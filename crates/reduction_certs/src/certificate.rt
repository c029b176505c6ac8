//! The certificate of a task from one of its reduced task.

ghost use Rattle.std.specs.Prelude.{◌≡◌, IfOk};
ghost use Rattle.std.specs.List.{list_any};
ghost use Rattle.abstraction_domain.specs.Rows.{shares_class};
ghost use Rattle.cert_value.specs.declared.certificate.Version.TheVariants.{Two};
ghost use Rattle.cert_value.specs.Lawful.{IsLawful};
ghost use Rattle.checker_clauses.specs.Violations.{IsHeld};
ghost use Rattle.reduction.specs.Reductions.{IsReduction, retained_task};
ghost use Rattle.reduction.specs.Represented.{AreRepresented};
ghost use Rattle.reduction_certs.specs.InTask.{certificate_in_task};

use crate::columns::columns_for;
use abstraction_domain::{ClassRow, copied_rows};
use cert_value::{Certificate, Version};
use fdr::FdrTask;
use reduction::Reduction;
use std::alloc::{AllocError, Global};

/// Returns whether two values of some variable share a class.
fn do_share_classes(rows: &[ClassRow]) -> bool
    ensures { result ≡ list_any (λ r. shares_class r.classes) rows.now }
{
    rows.iter()
        .any(|row| row.class_count() < row.classes().len())
}

/// Returns the certificate of a task that says the same as the certificate of its reduced task: an operator has the
/// shares of its representative, and mappings, values, closed list, bound and kind are those of the given certificate.
/// If two values of the task share a class, it is of version 3 with the classes of the reduction; otherwise it is of
/// version 2, since nothing is left out. Takes time linear in the size of the given certificate, and for each of its
/// tables in the number of the task's operators.
pub fn certificate_for_task(
    alloc: Global,
    task: &FdrTask,
    reduction: &Reduction,
    certificate: Certificate,
) -> Result<Certificate, AllocError>
    requires reduction { IsReduction task.now reduction.now.classes reduction.now.retained.items }
    requires represented { AreRepresented task.now reduction.now.classes reduction.now.retained.items reduction.now.representatives.items }
    requires task { reduction.now.task ≡ retained_task task.now reduction.now.classes reduction.now.retained.items }
    requires version { certificate.version ≡ Two }
    ensures value { IfOk result (λ c. c ≡ certificate_in_task reduction.now.classes reduction.now.representatives.items certificate) }
    ensures held { IsHeld reduction.now.task certificate → IfOk result (IsHeld task.now) }
    ensures lawful { IsLawful certificate → IfOk result IsLawful }
{
    // only for the proof: the task is well-formed and within the limits
    task.recall();
    let count = reduction.retained.len();
    let _ = certificate.classes(); // only for the proof: there is none
    let (kind, bound, columns, closed) = certificate.into_parts();
    let columns = columns_for(alloc, count, &reduction.representatives, columns)?;
    let made = Certificate::new(Version::Two, kind, bound, columns, closed);
    let rows = reduction.classes.rows();
    if do_share_classes(rows) {
        Ok(made.with_classes(copied_rows(alloc, rows)?))
    } else {
        Ok(made)
    }
}
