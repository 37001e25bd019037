// What each kind of node asks for, listed at the front of a lent buffer.
#![tactic(auto)]

ghost use Rattle.std.specs.Prelude.{◌≡◌, ◌+◌};
ghost use Rattle.words.specs.Word.{words_of};
ghost use Rattle.literals.specs.Literals.{value_of};
ghost use Rattle.predicate.specs.Predicates.{values_at, predicate_at};
ghost use Rattle.predicate.specs.Accepted.{Pattern};
ghost use Rattle.walking.specs.Places.{Near};
ghost use Rattle.table.specs.Comparisons.{pattern_upper, like_lists};
ghost use Rattle.table.specs.Rewriting.{not_lists, comparison_statistics, members_lists, list_lists};
ghost use Rattle.listing.specs.Listing.{Room, Grown, is_bounded};

use knowing::Members;
use literals::Literal;
use operators::Operator;
use predicate::{Column, Node};
use table::Known;
use walking::Request;

// Lists what a comparison asks for; nothing where it is unhandled.
#[tactic(auto, using(listing::specs::ListingLaws::grown_none, crate::proofs::Laws::turned_lists))]
pub fn list_turned(
    r: &Request<'_>,
    o: Operator,
    c: Column,
    flips: u8,
    first: bool,
    l: Literal,
    list: &mut [u8],
    n: usize,
) -> usize
    requires { Room (comparison_statistics r.now.schema.now o c flips first (value_of r.now.pool.now l)) n list.old }
    ensures { Grown (comparison_statistics r.now.schema.now o c flips first (value_of r.now.pool.now l)) n list.old list.new result }
{
    match turning::turn(predicate::type_in(r.schema, c), o, flips, first, l) {
        Some(a) => listing::list_comparison(list, n, c, a.operator),
        None => n,
    }
}

// Lists what each member of a list asks for.
fn list_members(r: &Request<'_>, m: Members, list: &mut [u8], n: usize) -> usize
    requires { Near r.now.words.now m.at × Room (members_lists r.now.schema.now m.negated m.column m.flips (values_at r.now.pool.now (words_of r.now.words.now) m.count (m.at + 1))) n list.old }
    ensures { Grown (members_lists r.now.schema.now m.negated m.column m.flips (values_at r.now.pool.now (words_of r.now.words.now) m.count (m.at + 1))) n list.old list.new result }
{
    let o = knowing::list_operator(m.negated);
    let mut end = n;
    for i in 0..usize::from(m.count) {
        let l = literals::literal_of(r.pool, words::word_or_zero(r.words, m.at + 1 + i));
        end = list_turned(r, o, m.column, m.flips, false, l, list, end);
    }
    end
}

// Lists what a list asks for; nothing over the limit.
#[tactic(auto, using(listing::specs::ListingLaws::grown_none, predicate::specs::Predicates::length_values))]
pub fn list_in(r: &Request<'_>, m: Members, list: &mut [u8], n: usize) -> usize
    requires { Near r.now.words.now m.at × Room (list_lists r.now.limit r.now.schema.now m.negated m.column m.flips (values_at r.now.pool.now (words_of r.now.words.now) m.count (m.at + 1))) n list.old }
    ensures { Grown (list_lists r.now.limit r.now.schema.now m.negated m.column m.flips (values_at r.now.pool.now (words_of r.now.words.now) m.count (m.at + 1))) n list.old list.new result }
{
    if usize::from(m.count) <= r.limit {
        list_members(r, m, list, n)
    } else {
        n
    }
}

// Whether a pattern has an upper bound.
#[tactic(auto, using(crate::proofs::Laws::bounded_known))]
fn is_bounded(pool: &[u8], l: Literal) -> bool
    requires { Pattern (value_of pool.now l) }
    ensures { result ≡ is_bounded (pattern_upper (value_of pool.now l)) }
{
    matches!(knowing::known_like(pool, false, l), Known::Open)
}

// Lists what LIKE asks for: as = does where the pattern has an upper bound, else least and greatest; nothing for NOT LIKE.
#[tactic(auto, using(listing::specs::ListingLaws::grown_none, listing::specs::ListingLaws::like_listed_lem))]
pub fn list_like(
    pool: &[u8],
    negated: bool,
    c: Column,
    l: Literal,
    list: &mut [u8],
    n: usize,
) -> usize
    requires { Pattern (value_of pool.now l) × Room (like_lists negated c (value_of pool.now l)) n list.old }
    ensures { Grown (like_lists negated c (value_of pool.now l)) n list.old list.new result }
{
    if negated {
        n
    } else {
        listing::list_like(list, n, c, is_bounded(pool, l))
    }
}

// Lists what NOT of the predicate at a place asks for: a truth-value column's bounds, of anything else nothing.
#[tactic(auto, using(predicate::specs::Predicates::read_zero, predicate::specs::Predicates::read_node, listing::specs::ListingLaws::grown_none))]
pub fn list_not(r: &Request<'_>, depth: usize, at: usize, list: &mut [u8], n: usize) -> usize
    requires { Room (not_lists (predicate_at r.now.pool.now (words_of r.now.words.now) depth at).predicate) n list.old }
    ensures { Grown (not_lists (predicate_at r.now.pool.now (words_of r.now.words.now) depth at).predicate) n list.old list.new result }
{
    if depth == 0 {
        return n;
    }
    match predicate::node_at(r.pool, r.words, at) {
        Node::TruthColumn(c) => listing::list_column(list, n, c),
        _ => n,
    }
}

****************

» **Directions**
Reply with nothing but the number of lines in the entries above that hold the string "Prelude".

» **Exercise output**
2